ExoPlayer 漫谈之音视频同步

1,969 阅读3分钟

音视频同步是播放器中非常重要的逻辑,对用户的实际体验影响巨大。上一篇文章中说明了视频中audio与video是分别解码并且送显的,两个线程分别执行,如果不加时间戳同步操作,播放出来的视频会出现音频和视频不同步的情况。 Video解码送显在MediaCodecVideoRenderer中执行; Audio解码播放在MediaCodecAudioRenderer中执行;

视频同步

视频解码执行的入口函数是MediaCodecRenderer.render函数:传入了两个参数

public void render(long positionUs, long elapsedRealtimeUs)

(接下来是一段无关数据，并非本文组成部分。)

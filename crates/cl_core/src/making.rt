//! How a client is made.
ghost use Rattle.std.specs.Prelude.{◌≡◌, ◌⊎◌, Err, IfOk};
ghost use Rattle.std.specs.List.{list_all};
ghost use Rattle.cl_core.specs.Making.{account_of, made};
ghost use Rattle.auth_scram.specs.Exchange;

use crate::client::Client;
use crate::faults::ClientFault;
use auth_scram::Password;
use base_io::{NoMemory, Text};
use cl_handlers::Account;
use cl_login::ClientAccount;
use im_jid::{Jid, JidFault, resource_in_normal_form};
use std::alloc::Global;

// Whether a byte is printable ASCII.
fn is_printable_ascii(byte: u8) -> bool
    ensures { result ≡ Exchange.is_printable_ascii byte }
{
    32 <= byte && byte <= 126
}

fn are_printable_ascii(bytes: &[u8]) -> bool
    ensures { result ≡ list_all Exchange.is_printable_ascii bytes.now }
{
    bytes.iter().all(|b| is_printable_ascii(*b))
}

// Whether a login takes a password (RFC 5802, section 5.1): it is printable ASCII, and not empty.
fn is_plain(password: &str) -> bool
    ensures { result ≡ Exchange.is_plain password.now }
{
    let bytes = password.as_bytes();
    bytes.len() > 0 && are_printable_ascii(bytes)
}

// The account of a bare address with this local part.
fn account_of(
    alloc: Global,
    address: &Jid,
    local: &str,
    password: &str,
    resource: Text,
) -> Result<Account, NoMemory>
    ensures { IfOk result (λ account. account ≡ account_of address.now local.now password.now resource) }
{
    Ok(Account {
        bare: Text::from_str(alloc, address.text())?,
        resource,
        login: ClientAccount {
            name: Text::from_str(alloc, local)?,
            domain: Text::from_str(alloc, address.domain())?,
            password: Password::from_str(alloc, password)?,
        },
    })
}

impl Client {
    /// A client of an account before its first connection. The refusals come in this order: `BadAccount` where the address
    /// has a resource or no local part; `BadPassword` where the password is empty or not printable ASCII, which a login
    /// doesn't take; `BadResource` where the resource is none of an address. The resource is kept in its normal form.
    pub fn new(
        alloc: Global,
        address: &Jid,
        password: &str,
        resource: &str,
    ) -> Result<Client, ClientFault>
        ensures { (result ≡ Err ClientFault.NoMemory) ⊎ (result ≡ made address.now password.now resource.now) }
    {
        let Some(local) = address.local() else {
            return Err(ClientFault::BadAccount);
        };
        if address.resource().is_some() {
            return Err(ClientFault::BadAccount);
        }
        if !is_plain(password) {
            return Err(ClientFault::BadPassword);
        }
        let resource = match resource_in_normal_form(alloc, resource) {
            Ok(resource) => resource,
            Err(JidFault::NoMemory) => return Err(ClientFault::NoMemory),
            Err(_) => return Err(ClientFault::BadResource),
        };
        let account = account_of(alloc, address, local, password, resource)?;
        Ok(Client::of(alloc, account))
    }
}
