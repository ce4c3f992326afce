//! Requests for pages (XEP-0313, section 4; XEP-0059, section 2).
ghost use Rattle.std.specs.Prelude.{◌≡◌, ◌⊎◌, ◌≤◌, ◌<◌, ◌+◌, ◌++◌, Err, None, Ok, false, length, if◌then◌else◌, IfOk, IfSome, IsSome, OnErr, OnOk};
ghost use Rattle.std.specs.Option.{option_copied};
ghost use Rattle.sm_acks.specs.declared.end.TheConstants.{MOST_UNACKNOWLEDGED};
ghost use Rattle.cl_handlers.specs.Acks.{HasFewer};
ghost use Rattle.cl_core.specs.Asking.{asks_in};
ghost use Rattle.cl_handlers.specs.Speech.{in_bytes};
ghost use Rattle.cl_core.specs.UserCalls.{catch_up_answer, catches_up};
ghost use Rattle.cl_handlers.specs.Views.{client_of, client_step_of};
ghost use Rattle.mam_log.specs.LogPages.{last_id};
ghost use Rattle.sm_outbox.specs.Sessions.{with_waiting};
ghost use Rattle.sm_outbox.specs.Submissions.{next_number};
ghost use Rattle.sm_outbox.specs.Waiting.{queued};
ghost use Rattle.im_replies.specs.Management.{request_text};
ghost use Rattle.im_requests.specs.Messages.{page_text, queryid_text};

use crate::faults::CatchUpStart;
use crate::replacing::put_session;
use crate::user::OUTBOX_BOUND;
use base_io::{Bytes, NoMemory, Text};
use cl_handlers::{ClientOut, ClientState, make_room};
use im_replies::request;
use im_requests::{PageRequest, page, queryid};
use mam_log::{BeginFault, LogEntry};
use mam_pages::MOST_RESULTS;
use sm_outbox::Session;
use std::alloc::Global;

/// A page that is to be asked for: the number of the request, the id of the query, what is put, and the request for its
/// acknowledgement.
#[derive(Drop)]
pub(crate) struct Asking {
    pub(crate) number: u64,
    pub(crate) queryid: Text,
    pub(crate) stanza: Bytes,
    pub(crate) request: Bytes,
}

// The id of the last entry.
fn last_id(entries: &[LogEntry]) -> Option<&str>
    ensures { option_copied result ≡ last_id entries.now }
{
    match entries.split_last() {
        Some((last, _)) => Some(last.id.as_str()),
        None => None,
    }
}

// Puts a stanza in a session, whose queue has place, and for which room is made. Where the session is attached the stanza
// goes out, and the request for its acknowledgement behind it.
fn put_with_request(
    session: &mut Session,
    stanza: Bytes,
    request: &[u8],
    is_attached: bool,
    out: &mut Bytes,
)
    requires few { length session.old.session.waiting.queue < MOST_UNACKNOWLEDGED }
    requires spare { 1 ≤ session.old.spare }
    requires room { length stanza.items + length request.now ≤ out.old.spare }
    ensures session { session.new.session ≡ with_waiting session.old.session (queued session.old.session.waiting stanza.items false) }
    ensures out { out.new.items ≡ (if is_attached then (out.old.items ++ stanza.items) ++ request.now else out.old.items) }
{
    if is_attached {
        session.put_reserved(stanza, false, out);
        out.append_reserved(request);
    } else {
        session.queue_reserved(stanza, false);
    }
}

/// The request for a page behind an id, or for the first page. Nothing changes.
pub(crate) fn asking_for(
    state: &ClientState,
    alloc: Global,
    after: Option<&str>,
    max: u32,
) -> Result<Asking, NoMemory>
    ensures number { IfOk result (λ asking. asking.number ≡ next_number state.now.pages) }
    ensures queryid { IfOk result (λ asking. asking.queryid ≡ queryid_text (next_number state.now.pages)) }
    ensures stanza { IfOk result (λ asking. asking.stanza.items ≡ page_text (queryid_text (next_number state.now.pages)) (option_copied after.entry) max) }
    ensures request { IfOk result (λ asking. asking.request.items ≡ request_text) }
{
    let number = state.pages.saturating_add(1);
    let queryid = queryid(alloc, number)?;
    let asked = PageRequest {
        queryid: queryid.as_str(),
        after,
        max,
    };
    let stanza = page(alloc, &asked)?;
    let request = request(alloc)?;
    Ok(Asking {
        number,
        queryid,
        stanza,
        request,
    })
}

/// The request for the page behind the log's last entry. Nothing changes.
fn asking_after(state: &ClientState, alloc: Global, max: u32) -> Result<Asking, NoMemory>
    ensures number { IfOk result (λ asking. asking.number ≡ next_number state.now.pages) }
    ensures queryid { IfOk result (λ asking. asking.queryid ≡ queryid_text (next_number state.now.pages)) }
    ensures stanza { IfOk result (λ asking. asking.stanza.items ≡ page_text (queryid_text (next_number state.now.pages)) (last_id state.now.log.entries) max) }
    ensures request { IfOk result (λ asking. asking.request.items ≡ request_text) }
{
    asking_for(state, alloc, last_id(state.log.entries()), max)
}

/// Makes room for a page request and for so many events. Nothing is put.
pub(crate) fn make_place(
    state: &mut ClientState,
    asking: &Asking,
    events: usize,
    out: &mut ClientOut,
) -> Result<(), NoMemory>
    ensures turn { client_step_of state.new out.new ≡ client_step_of state.old out.old }
    ensures position { OnOk result (IfSome state.new.session (λ s. 1 ≤ s.spare)) }
    ensures room_bytes { OnOk result (length asking.now.stanza.items + length asking.now.request.items ≤ out.new.bytes.spare) }
    ensures room_events { OnOk result (events ≤ out.new.events.spare) }
{
    let stanza = asking.stanza.as_slice().len();
    let request = asking.request.as_slice().len();
    make_room(out, stanza.saturating_add(request), events)?;
    let Some(mut session) = state.session.take() else {
        return Ok(());
    };
    let made = session.reserve(1);
    put_session(&mut state.session, session);
    made
}

/// Puts a page request, whose room is made, where a session stands, whose queue has place. It takes no memory.
pub(crate) fn put_page(
    state: &mut ClientState,
    number: u64,
    stanza: Bytes,
    request: &[u8],
    out: &mut ClientOut,
)
    requires few { HasFewer MOST_UNACKNOWLEDGED (client_of state.old).session }
    requires position { IfSome state.old.session (λ s. 1 ≤ s.spare) }
    requires room { length stanza.items + length request.now ≤ out.old.bytes.spare }
    requires request { request.now ≡ request_text }
    ensures turn { client_step_of state.new out.new ≡ asks_in in_bytes (client_step_of state.old out.old) (client_of state.old).session number stanza.items }
    ensures events { out.new.events ≡ out.old.events }
{
    let is_attached = state.is_online();
    let Some(mut session) = state.session.take() else {
        return;
    };
    put_with_request(&mut session, stanza, request, is_attached, &mut out.bytes);
    put_session(&mut state.session, session);
    state.pages = number;
}

// Why no page is asked for.
fn may_catch_up(state: &ClientState) -> Result<(), CatchUpStart>
    ensures value { result ≡ catch_up_answer (client_of state.now) }
    ensures bound { OnOk result (IsSome (client_of state.now).session) }
    ensures few { OnOk result (HasFewer 1000 (client_of state.now).session) }
    ensures closed { OnOk result (state.now.log.page ≡ None) }
{
    let Some(session) = &state.session else {
        return Err(CatchUpStart::NotBound);
    };
    if session.len() >= OUTBOX_BOUND {
        return Err(CatchUpStart::OutboxFull);
    }
    if state.log.underway().is_some() {
        return Err(CatchUpStart::Underway);
    }
    Ok(())
}

// Begins a page, where none is open, and puts the request for it in the session, whose queue has place.
#[tactic(auto, using(crate::proofs::UserSteps::caught_up, crate::proofs::UserSteps::fewer_still, crate::proofs::UserSteps::some_still))]
fn begin_page(
    state: &mut ClientState,
    alloc: Global,
    asking: Asking,
    max: u32,
    out: &mut ClientOut,
) -> Result<(), NoMemory>
    requires max { (1 ≤ max) × (max ≤ MOST_RESULTS) }
    requires bound { IsSome (client_of state.old).session }
    requires few { HasFewer 1000 (client_of state.old).session }
    requires closed { state.old.log.page ≡ None }
    requires number { asking.number ≡ next_number state.old.pages }
    requires queryid { asking.queryid ≡ queryid_text (next_number state.old.pages) }
    requires stanza { asking.stanza.items ≡ page_text (queryid_text (next_number state.old.pages)) (last_id state.old.log.entries) max }
    requires request { asking.request.items ≡ request_text }
    ensures ok { OnOk result (client_step_of state.new out.new ≡ catches_up in_bytes (client_step_of state.old out.old) max) }
    ensures err { OnErr result (client_step_of state.new out.new ≡ client_step_of state.old out.old) }
{
    make_place(state, &asking, 0, out)?;
    let Asking {
        number,
        queryid,
        stanza,
        request,
    } = asking;
    match state.log.begin(alloc, queryid, max) {
        Ok(()) => {}
        Err(BeginFault::NoMemory) => return Err(NoMemory),
        Err(BeginFault::Underway) => unreachable!(),
    }
    put_page(state, number, stanza, request.as_slice(), out);
    Ok(())
}

/// Asks for a page behind the log's last entry, of so many results at most. A refusal leaves all as it was.
pub(crate) fn catch_up(
    state: &mut ClientState,
    alloc: Global,
    max: u32,
    out: &mut ClientOut,
) -> Result<(), CatchUpStart>
    requires { (1 ≤ max) × (max ≤ MOST_RESULTS) }
    ensures exact { (result ≡ Err CatchUpStart.NoMemory) ⊎ (result ≡ catch_up_answer (client_of state.old)) }
    ensures ok { OnOk result (client_step_of state.new out.new ≡ catches_up in_bytes (client_step_of state.old out.old) max) }
    ensures err { OnErr result (client_step_of state.new out.new ≡ client_step_of state.old out.old) }
{
    may_catch_up(state)?;
    let asking = asking_after(state, alloc, max)?;
    begin_page(state, alloc, asking, max, out)?;
    Ok(())
}
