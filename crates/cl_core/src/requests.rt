//! Requests of the peer, and what a client has to put of itself.
ghost use Rattle.std.specs.Prelude.{◌≡◌, ◌≤◌, ◌++◌, false, not, if◌then◌else◌, IfOk, OnErr, OnOk};
ghost use Rattle.cl_core.specs.PageRows.{answer_to, iq_row, is_ping};
ghost use Rattle.cl_handlers.specs.Speech.{in_bytes};
ghost use Rattle.cl_handlers.specs.ClientSteps.{has_to_put, left};
ghost use Rattle.cl_handlers.specs.Views.{client_of, client_step_of};
ghost use Rattle.sm_outbox.specs.Sessions.{with_waiting};
ghost use Rattle.sm_outbox.specs.Waiting.{is_full, queued};
ghost use Rattle.xml_trees.specs.Readers.{elements_of};
ghost use Rattle.xml_trees.specs.Views.{nodes_view};
ghost use Rattle.xml_writer.specs.Items.{written_item};

use crate::pages::answered;
use crate::replacing::{put_session, replace_phase};
use base_io::{Bytes, NoMemory};
use cl_handlers::{ClientOut, ClientState, Event, PeerFault, Phase, make_room};
use im_extensions::Ping;
use im_replies::{Envelope, empty_result, refusal};
use im_stanza::{Condition, ErrorKind, Iq, IqKind, StanzaError};
use sm_outbox::Session;
use std::alloc::Global;
use xml_trees::{Node, next_element};

// Whether a payload is one `ping`.
#[tactic(auto, using(crate::proofs::Payloads::ping_alone, crate::proofs::Payloads::ping_more, crate::proofs::Payloads::ping_none))]
fn is_ping(payload: &[Node]) -> bool
    ensures { result ≡ is_ping (elements_of (nodes_view payload.now)) }
{
    let Some((ping, rest)) = next_element(payload) else {
        return false;
    };
    match next_element(rest) {
        Some(_) => false,
        None => Ping::read_element(ping).is_ok(),
    }
}

// The answer to a request.
fn answer(alloc: Global, request: &Iq, is_ping: bool) -> Result<Bytes, NoMemory>
    ensures { IfOk result (λ bytes. bytes.items ≡ written_item (answer_to request.now is_ping)) }
{
    let to = match &request.from {
        Some(from) => Some(from.text()),
        None => None,
    };
    let envelope = Envelope {
        from: None,
        to,
        id: request.id.as_str(),
    };
    if is_ping {
        return empty_result(alloc, &envelope);
    }
    let unavailable = StanzaError {
        kind: ErrorKind::Cancel,
        condition: Condition::ServiceUnavailable,
    };
    refusal(alloc, &envelope, &unavailable)
}

// Puts a stanza in a session, unless as many wait as may; then it answers false. Where the session is attached the stanza goes
// out too. Room for an event is made on each outcome.
fn put_or_full(
    session: &mut Session,
    stanza: Bytes,
    is_attached: bool,
    out: &mut ClientOut,
) -> Result<bool, NoMemory>
    ensures put { IfOk result (λ put. put ≡ not (is_full session.old.session.waiting)) }
    ensures session { IfOk result (λ put. session.new.session ≡ (if put then with_waiting session.old.session (queued session.old.session.waiting stanza.items false) else session.old.session)) }
    ensures bytes { IfOk result (λ put. out.new.bytes.items ≡ (if put then (if is_attached then out.old.bytes.items ++ stanza.items else out.old.bytes.items) else out.old.bytes.items)) }
    ensures events { out.new.events.items ≡ out.old.events.items }
    ensures room { OnOk result (1 ≤ out.new.events.spare) }
    ensures err { OnErr result (session.new.session ≡ session.old.session) }
    ensures err_bytes { OnErr result (out.new.bytes.items ≡ out.old.bytes.items) }
{
    session.reserve(1)?;
    make_room(out, stanza.as_slice().len(), 1)?;
    if session.is_full() {
        return Ok(false);
    }
    if is_attached {
        session.put_reserved(stanza, false, &mut out.bytes);
    } else {
        session.queue_reserved(stanza, false);
    }
    Ok(true)
}

/// Puts a stanza that the client has to put of itself. Where as many wait as may, the connection is left.
pub(crate) fn put(
    state: &mut ClientState,
    stanza: Bytes,
    out: &mut ClientOut,
) -> Result<(), NoMemory>
    ensures ok { OnOk result (client_step_of state.new out.new ≡ has_to_put in_bytes (client_step_of state.old out.old) (client_of state.old).session stanza.items) }
    ensures err { OnErr result (client_step_of state.new out.new ≡ client_step_of state.old out.old) }
{
    let is_attached = state.is_online();
    let Some(mut session) = state.session.take() else {
        return Ok(());
    };
    let put = put_or_full(&mut session, stanza, is_attached, out);
    put_session(&mut state.session, session);
    if put? {
        return Ok(());
    }
    replace_phase(&mut state.phase, Phase::Apart);
    out.events
        .push_reserved(Event::Ended(PeerFault::Unacknowledged));
    Ok(())
}

/// What an `iq` does, but for its count.
pub(crate) fn take_iq(
    state: &mut ClientState,
    alloc: Global,
    iq: &Iq,
    out: &mut ClientOut,
) -> Result<(), NoMemory>
    ensures ok { OnOk result (client_step_of state.new out.new ≡ iq_row in_bytes (client_step_of state.old out.old) iq.now) }
    ensures err { OnErr result (left (client_step_of state.new out.new) ≡ left (client_step_of state.old out.old)) }
{
    match iq.kind {
        IqKind::Get => {
            let bytes = answer(alloc, iq, is_ping(iq.payload.as_slice()))?;
            put(state, bytes, out)
        }
        IqKind::Set => {
            let bytes = answer(alloc, iq, false)?;
            put(state, bytes, out)
        }
        IqKind::Result | IqKind::Error => answered(state, alloc, iq, out),
    }
}
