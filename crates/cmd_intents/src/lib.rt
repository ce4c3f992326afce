//! Files of intents: a wire schedule in which some messages are intents, and some lines resolve what became of them.
#![tactic(auto)]

mod file;
mod reading;
mod rewriting;

pub use file::IntentFile;
pub use reading::read_intents;
pub use rewriting::MOST_LINES;
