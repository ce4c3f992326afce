//! The client's calls.
//!
//! A client is two crates: its state with the rows up to a session, of acknowledgements and of messages
//! (`cl_handlers`), and its pages, its table and the calls of its user (`cl_core`). Rows are functions of the state,
//! since a type gets no methods from another crate.
ghost use Rattle.std.specs.Prelude.{◌≡◌, ◌≤◌, ◌⊎◌, List, None, not, Err, OnErr, OnOk};
ghost use Rattle.std.specs.Option.{option_and_then};
ghost use Rattle.cl_core.specs.Feeds.{IsMemoryLost, IsStopped, bytes_step, fed, kept_while, read};
ghost use Rattle.cl_core.specs.Making.{fresh};
ghost use Rattle.cl_handlers.specs.Speech.{in_bytes};
ghost use Rattle.cl_handlers.specs.ClientSteps.{is_apart};
ghost use Rattle.cl_core.specs.UserCalls.{catch_up_answer, catches_up, closes, dials, forgets, leaves, say_answer, says};
ghost use Rattle.cl_core.specs.Values.{client_step_in, fed_of, forgotten};
ghost use Rattle.cl_handlers.specs.Views.{client_step_of};
ghost use Rattle.cl_handlers.specs.declared.events.ClientOut.{ClientOut};
ghost use Rattle.xml_framer.specs.Machine.{IsFrontOf, part_of};
ghost use Rattle.xml_framer.specs.declared.items.Item.{Item};
ghost use Rattle.sm_outbox.specs.Submissions.{all_said};

use crate::faults::{CatchUpStart, SayFault};
use crate::page_requests::catch_up;
use crate::replacing::{replace_framer, replace_phase};
use crate::steps::{take_fault, take_items};
use crate::user::say;
use base_io::{ListOf, NoMemory};
use cl_handlers::{Account, ClientOut, ClientState, Phase};
use im_jid::Jid;
use mam_log::Log;
use mam_pages::MOST_RESULTS;
use sm_outbox::{Said, Submissions};
use std::alloc::Global;
use std::marker::Model;
use xml_framer::{FeedFault, Framer, Items, Limits};

/// A client: what it keeps over connections, and the framer of its connection, where one stands.
pub struct Client {
    framer: Option<Framer>,
    state: ClientState,
}

// Written out, so that who drops a client doesn't prove again how each part of it is dropped.
impl Drop for Client {
    fn drop(self) {
        let Client { framer, state } = self;
        drop(framer);
        drop(state);
    }
}

impl Model for Client {
    ghost use Rattle.std.specs.Coded.{codes};
    ghost use Rattle.cl_core.specs.Values.{ClientValue};
    ghost use Rattle.cl_handlers.specs.Views.{client_of};
    ghost use Rattle.xml_framer.specs.StateCodes.{state_coded};

    ghost Value = { ClientValue };

    ghost coded = { Prim.hlevel (codes, state_coded) };

    ghost view = { λ c. record { framer = c.framer; client = client_of c.state } };
}

// Items that came before memory ran out. The connection is left.
#[tactic(auto, using(crate::proofs::Alongs::stopped_after, crate::proofs::Alongs::stopped_among))]
fn take_first(state: &mut ClientState, alloc: Global, items: Items, out: &mut ClientOut)
    ensures { (due : List Item) → IsFrontOf items.items due → IsStopped in_bytes (client_step_of state.old out.old) due (client_step_of state.new out.new) }
{
    match take_items(state, alloc, items, out) {
        Ok(()) => replace_phase(&mut state.phase, Phase::Apart),
        Err(NoMemory) => {}
    }
}

// The items of a piece, and then the fault of its bytes. Want of memory leaves the connection.
#[tactic(auto, using(crate::proofs::Alongs::stopped_after, crate::proofs::Alongs::stopped_at_end, crate::proofs::Alongs::stopped_among))]
fn take_piece(
    state: &mut ClientState,
    framer: &mut Framer,
    alloc: Global,
    piece: &[u8],
    out: &mut ClientOut,
) -> Result<(), NoMemory>
    ensures ok { OnOk result (fed in_bytes (client_step_of state.old out.old) (read framer.old piece.now) ≡ kept_while (client_step_of state.new out.new) framer.new) }
    ensures memory { OnErr result (IsStopped in_bytes (client_step_of state.old out.old) (read framer.old piece.now).items (client_step_of state.new out.new)) }
{
    let mut items = ListOf::new(alloc);
    match framer.feed(piece, &mut items) {
        Ok(()) => take_items(state, alloc, items, out),
        Err(FeedFault::Fault(fault)) => {
            take_items(state, alloc, items, out)?;
            take_fault(state, fault, out)
        }
        Err(FeedFault::NoMemory) => {
            take_first(state, alloc, items, out);
            Err(NoMemory)
        }
    }
}

impl Client {
    // A client of an account, before its first connection.
    pub(crate) fn of(alloc: Global, account: Account) -> Client
        ensures { result ≡ fresh account }
    {
        Client {
            framer: None,
            state: ClientState {
                account,
                log: Log::new(alloc),
                said: Submissions::new(alloc),
                pages: 0,
                session: None,
                phase: Phase::Apart,
            },
        }
    }

    /// Begins a connection: an earlier one is left as `gone` leaves it, and the declaration and the header go out (RFC 6120,
    /// section 4.7). `entropy` is what was drawn for this connection alone. A refusal leaves all as it was.
    #[tactic(auto, using(crate::proofs::UserSteps::dialed))]
    pub fn dial(
        &mut self,
        alloc: Global,
        entropy: &[u8; 24],
        out: &mut ClientOut,
    ) -> Result<(), NoMemory>
        ensures ok { OnOk result (fed_of self.new out.new ≡ dials in_bytes entropy.now (fed_of self.old out.old)) }
        ensures err { OnErr result (fed_of self.new out.new ≡ fed_of self.old out.old) }
    {
        self.state.begin_login(alloc, entropy, out)?;
        let framer = Framer::new(alloc, Limits::client());
        replace_framer(&mut self.framer, Some(framer));
        Ok(())
    }

    /// Takes a piece of the server's stream. Where no connection stands it does nothing. A fault of the peer is told by
    /// `Event::Ended`, and the connection is left.
    ///
    /// Want of memory leaves the connection: the items before the one in hand had their effect, and that one had none.
    pub fn bytes(
        &mut self,
        alloc: Global,
        piece: &[u8],
        out: &mut ClientOut,
    ) -> Result<(), NoMemory>
        ensures ok { OnOk result (fed_of self.new out.new ≡ bytes_step in_bytes (fed_of self.old out.old) piece.now) }
        ensures memory { OnErr result (IsMemoryLost in_bytes (fed_of self.old out.old) piece.now (fed_of self.new out.new)) }
    {
        let Some(framer) = &mut self.framer else {
            return Ok(());
        };
        let taken = take_piece(&mut self.state, framer, alloc, piece, out);
        if self.state.is_apart() {
            replace_framer(&mut self.framer, None);
        }
        taken
    }

    /// The connection is lost. A session stays, for a resumption (XEP-0198, section 5). It takes no memory.
    pub fn gone(&mut self)
        ensures { (out : ClientOut) → fed_of self.new out ≡ leaves (fed_of self.old out) }
    {
        replace_framer(&mut self.framer, None);
        replace_phase(&mut self.state.phase, Phase::Apart);
    }

    /// The connection is lost, and the session ends too: of the submissions that wait it isn't known what became of them, and
    /// an open page is broken off. It takes no memory.
    pub fn forget(&mut self)
        ensures table { (out : ClientOut) → fed_of self.new out ≡ forgets in_bytes (fed_of self.old out) }
        ensures value { self.new ≡ forgotten self.old }
    {
        replace_framer(&mut self.framer, None);
        replace_phase(&mut self.state.phase, Phase::Apart);
        self.state.drop_session();
    }

    /// Puts the footer where a connection stands (RFC 6120, section 4.4), and then does as `forget`. A refusal leaves all as
    /// it was.
    #[tactic(auto, using(crate::proofs::UserSteps::closed))]
    pub fn close(&mut self, alloc: Global, out: &mut ClientOut) -> Result<(), NoMemory>
        ensures ok { OnOk result (fed_of self.new out.new ≡ closes in_bytes (fed_of self.old out.old)) }
        ensures err { OnErr result (fed_of self.new out.new ≡ fed_of self.old out.old) }
    {
        self.state.put_footer(alloc, out)?;
        self.forget();
        Ok(())
    }

    /// Submits a message to an address, and answers its number in this epoch. It goes out at once where the session is
    /// attached, and else it waits. The refusals come in this order, and leave all as it was: `BadText` where the text is
    /// empty, is longer than 10,000 bytes or has a character that XML lacks; `NotBound` where no session stands;
    /// `OutboxFull` where 1,000 stanzas or more wait.
    pub fn say(
        &mut self,
        alloc: Global,
        to: &Jid,
        text: &str,
        private: bool,
        out: &mut ClientOut,
    ) -> Result<u64, SayFault>
        ensures exact { (result ≡ Err SayFault.NoMemory) ⊎ (result ≡ say_answer self.old.client text.now) }
        ensures ok { OnOk result (client_step_in self.new out.new ≡ says in_bytes (client_step_in self.old out.old) to.now text.now private) }
        ensures err { OnErr result (client_step_in self.new out.new ≡ client_step_in self.old out.old) }
        ensures framer { self.new.framer ≡ self.old.framer }
    {
        say(&mut self.state, alloc, to.text(), text, private, out)
    }

    /// Asks the archive for a page behind the log's last entry, of so many results at most, and for those behind it until one
    /// is the last (XEP-0313, section 4). The refusals come in this order, and leave all as it was: `NotBound` where no
    /// session stands; `OutboxFull` where 1,000 stanzas or more wait; `Underway` where a page is open.
    pub fn catch_up(
        &mut self,
        alloc: Global,
        max: u32,
        out: &mut ClientOut,
    ) -> Result<(), CatchUpStart>
        requires { (1 ≤ max) × (max ≤ MOST_RESULTS) }
        ensures exact { (result ≡ Err CatchUpStart.NoMemory) ⊎ (result ≡ catch_up_answer self.old.client) }
        ensures ok { OnOk result (client_step_in self.new out.new ≡ catches_up in_bytes (client_step_in self.old out.old) max) }
        ensures err { OnErr result (client_step_in self.new out.new ≡ client_step_in self.old out.old) }
        ensures framer { self.new.framer ≡ self.old.framer }
    {
        catch_up(&mut self.state, alloc, max, out)
    }

    /// Whether a connection stands, as far as the client knows: a fault of the peer is a leaving.
    pub fn is_connected(&self) -> bool
        ensures { result ≡ not (is_apart self.now.client.phase) }
    {
        !self.state.is_apart()
    }

    /// The place of what is unfinished in the bytes of the connection. `None` where nothing is, and where none stands.
    pub fn part(&self) -> Option<u64>
        ensures { result ≡ option_and_then part_of self.now.framer }
    {
        match &self.framer {
            Some(framer) => framer.part(),
            None => None,
        }
    }

    /// The log: the entries and pages that were taken over, the open page, and the messages that are held.
    pub fn log(&self) -> &Log
        ensures { result.now ≡ self.now.client.log }
    {
        &self.state.log
    }

    /// How many resources were bound.
    pub fn epoch(&self) -> u64
        ensures { result ≡ self.now.client.epoch }
    {
        self.state.said.epoch()
    }

    /// All submissions, in the order of their acceptance: those that are settled, and then those that wait.
    pub fn said(&self) -> &[Said]
        ensures { result.now ≡ all_said self.now.client.said }
    {
        self.state.said.as_slice()
    }
}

elapsedRealtimeUs是当前时间戳,传入drainOutputBuffer开始读取解码之后的output buffer,准备送显,执行到MediaCodecVideoRenderer.processOutputBuffer

  protected boolean processOutputBuffer(
      long positionUs,
      long elapsedRealtimeUs,
      MediaCodec codec,
      ByteBuffer buffer,
      int bufferIndex,
      int bufferFlags,
      long bufferPresentationTimeUs,
      boolean isDecodeOnlyBuffer,
      boolean isLastBuffer,
      Format format)
  • bufferPresentationTimeUs为帧的pts
  • elapsedRealtimeUs为准备render的时间戳
    long earlyUs = bufferPresentationTimeUs - positionUs;

    // Fine-grained adjustment of earlyUs based on the elapsed time since the start of the current
    // iteration of the rendering loop.
    long elapsedSinceStartOfLoopUs = elapsedRealtimeNowUs - elapsedRealtimeUs;
    earlyUs -= elapsedSinceStartOfLoopUs;

    // Compute the buffer's desired release time in nanoseconds.
    long systemTimeNs = System.nanoTime();
    long unadjustedFrameReleaseTimeNs = systemTimeNs + (earlyUs * 1000);

    // Apply a timestamp adjustment, if there is one.
    long adjustedReleaseTimeNs = frameReleaseTimeHelper.adjustReleaseTime(
        bufferPresentationTimeUs, unadjustedFrameReleaseTimeNs);
    earlyUs = (adjustedReleaseTimeNs - systemTimeNs) / 1000;
  • positionUs 可以看做音频时间点
  • bufferPresentationTimeUs 可以认为是视频帧的pts
  • elapsedSinceStartOfLoopUs 是当前时间戳 - render执行的时间戳,我觉得这儿只是为了校准一下。
  • earlyUs -= elapsedSinceStartOfLoopUs 得到的 earlyUs 校准了视频pts和音频的pts

接下来还要做一下送显时间的校准。frameReleaseTimeHelper.adjustReleaseTime就是做这个工作的。closestVsync函数是寻找最近的送显时间点。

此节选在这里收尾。